Personally I wouldn't expect anything more than 15mpg, anything more would be a bonus.


----------



## 99cents (Aug 20, 2012)

Going_Commando said:


> None of those will get that great of mileage compared to a full size unless you get the new body style canyon/colorado.


That's what I'm thinking. I have to buy fuel anyway so what we're really talking about is the difference in fuel economy which doesn't seem like a lot.

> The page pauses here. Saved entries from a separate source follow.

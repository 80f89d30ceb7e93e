//! The beginning of a run, and a run from its start, in the arrays of the caller's state.
ghost use Rattle.std.specs.Prelude.{◌≡◌};
ghost use Rattle.machine.specs.Values.{RANGE};
ghost use Rattle.loaded.specs.Loaded.{program_in};
ghost use Rattle.loaded.specs.Running.{run_in_to};
ghost use Rattle.begin.specs.Asking.{Begins, entered_at};
ghost use Rattle.abi.specs.Answers.{grant_numbers};
ghost use Rattle.abi.specs.Exits.{Answers};
ghost use Rattle.abi.specs.Held.{stored};

use crate::answers::{FirAnswer, FirEntry};
use crate::{answers, parts};
use begin::Entrance;

/// What a run enters, at which level, and its first budget.
#[derive(Clone, Copy)]
pub struct Start {
    pub level: usize,
    pub function: usize,
    pub version: usize,
    pub budget: u32,
}

/// Begins a run of a loaded image: its first state, or a refusal, which writes nothing.
pub fn begun<'s>(
    image: &[u8],
    table: &[u8],
    at: Entrance,
    words: &[i64],
    buffer: &[i64],
    bytes: &'s mut [u8; 2632],
    numbers: &'s mut [i64; 2129],
) -> FirEntry
    ensures { (result ≡ grant_numbers (entered_at (program_in image.now table.now) at words.now buffer.now).entry)
        × Begins (entered_at (program_in image.now table.now) at words.now buffer.now).entry
        (program_in image.now table.now) at words.now buffer.now
        bytes.old numbers.old bytes.new numbers.new }
{
    answers::grant(begin::begin(image, table, at, words, buffer, bytes, numbers))
}

/// Begins a run of a loaded image, and goes on with it under its first budget.
pub fn run<'s>(
    image: &[u8],
    table: &[u8],
    at: Start,
    words: &[i64],
    buffer: &mut [i64],
    bytes: &'s mut [u8; 2632],
    numbers: &'s mut [i64; 2129],
) -> FirAnswer
    ensures { Answers result (run_in_to RANGE image.now table.now at.level at.function at.version words.now at.budget buffer.old)
        (stored bytes.old numbers.old) (stored bytes.new numbers.new) buffer.old buffer.new }
{
    let entrance = Entrance {
        level: at.level,
        function: at.function,
        version: at.version,
    };
    match begin::begin(image, table, entrance, words, buffer, bytes, numbers) {
        Err(why) => answers::refused(why.question, why.at),
        Ok(()) => parts::budget(image, table, at.budget, buffer, bytes, numbers),
    }
}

If I buy a truck a few years old, is there anything that gets really horrible mileage? I'm assuming the more speeds in the tranny, the better the fuel economy. Is that true?


----------



## Majewski (Jan 8, 2016)

Only time I ever got good mileage with a truck was with 2wd.


----------



## Going_Commando (Oct 1, 2011)

99cents said:


> Going_Commando said:
> 
> 
> > None of those will get that great of mileage compared to a full size unless you get the new body style canyon/colorado.
> ...


Cruise around www.fuelly.com and see for yo'self. Real mpg results from thousands of different people.


----------



## Majewski (Jan 8, 2016)

Just get a fleet of scooters! And sled dogs!


----------



## 99cents (Aug 20, 2012)

Majewski said:


> Just get a fleet of scooters! And sled dogs!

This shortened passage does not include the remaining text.